**Aim of the task**
What lines in the listing below hold the string "records"? Please copy them out.

**Available data**
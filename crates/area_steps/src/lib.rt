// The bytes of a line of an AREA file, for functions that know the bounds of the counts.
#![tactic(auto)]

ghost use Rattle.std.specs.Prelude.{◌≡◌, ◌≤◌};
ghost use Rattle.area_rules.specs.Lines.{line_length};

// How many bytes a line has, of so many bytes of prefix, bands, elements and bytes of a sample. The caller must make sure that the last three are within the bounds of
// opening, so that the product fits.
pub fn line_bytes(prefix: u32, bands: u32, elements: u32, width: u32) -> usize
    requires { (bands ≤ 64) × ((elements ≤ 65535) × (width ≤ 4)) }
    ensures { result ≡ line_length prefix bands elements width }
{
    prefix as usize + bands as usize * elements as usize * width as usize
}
--
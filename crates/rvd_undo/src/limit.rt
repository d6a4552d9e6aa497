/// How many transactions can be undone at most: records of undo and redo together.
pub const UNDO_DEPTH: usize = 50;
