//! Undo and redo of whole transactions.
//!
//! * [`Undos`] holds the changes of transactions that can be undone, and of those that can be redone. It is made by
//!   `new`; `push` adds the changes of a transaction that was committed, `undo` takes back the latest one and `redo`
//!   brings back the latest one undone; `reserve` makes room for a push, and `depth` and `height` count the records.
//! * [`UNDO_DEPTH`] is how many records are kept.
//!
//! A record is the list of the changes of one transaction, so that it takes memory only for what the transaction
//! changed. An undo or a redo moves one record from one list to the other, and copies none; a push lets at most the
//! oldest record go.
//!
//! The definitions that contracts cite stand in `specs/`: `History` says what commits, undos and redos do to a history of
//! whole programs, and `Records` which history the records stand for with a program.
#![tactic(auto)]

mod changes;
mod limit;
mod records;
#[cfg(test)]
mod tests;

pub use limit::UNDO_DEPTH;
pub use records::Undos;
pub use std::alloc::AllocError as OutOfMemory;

**Answer to the problem**
/// How many transactions can be undone at most: records of undo and redo together.
//!   brings back the latest one undone; `reserve` makes room for a push, and `depth` and `height` count the records.
//! * [`UNDO_DEPTH`] is how many records are kept.
//! whole programs, and `Records` which history the records stand for with a program.
mod records;
pub use records::Undos;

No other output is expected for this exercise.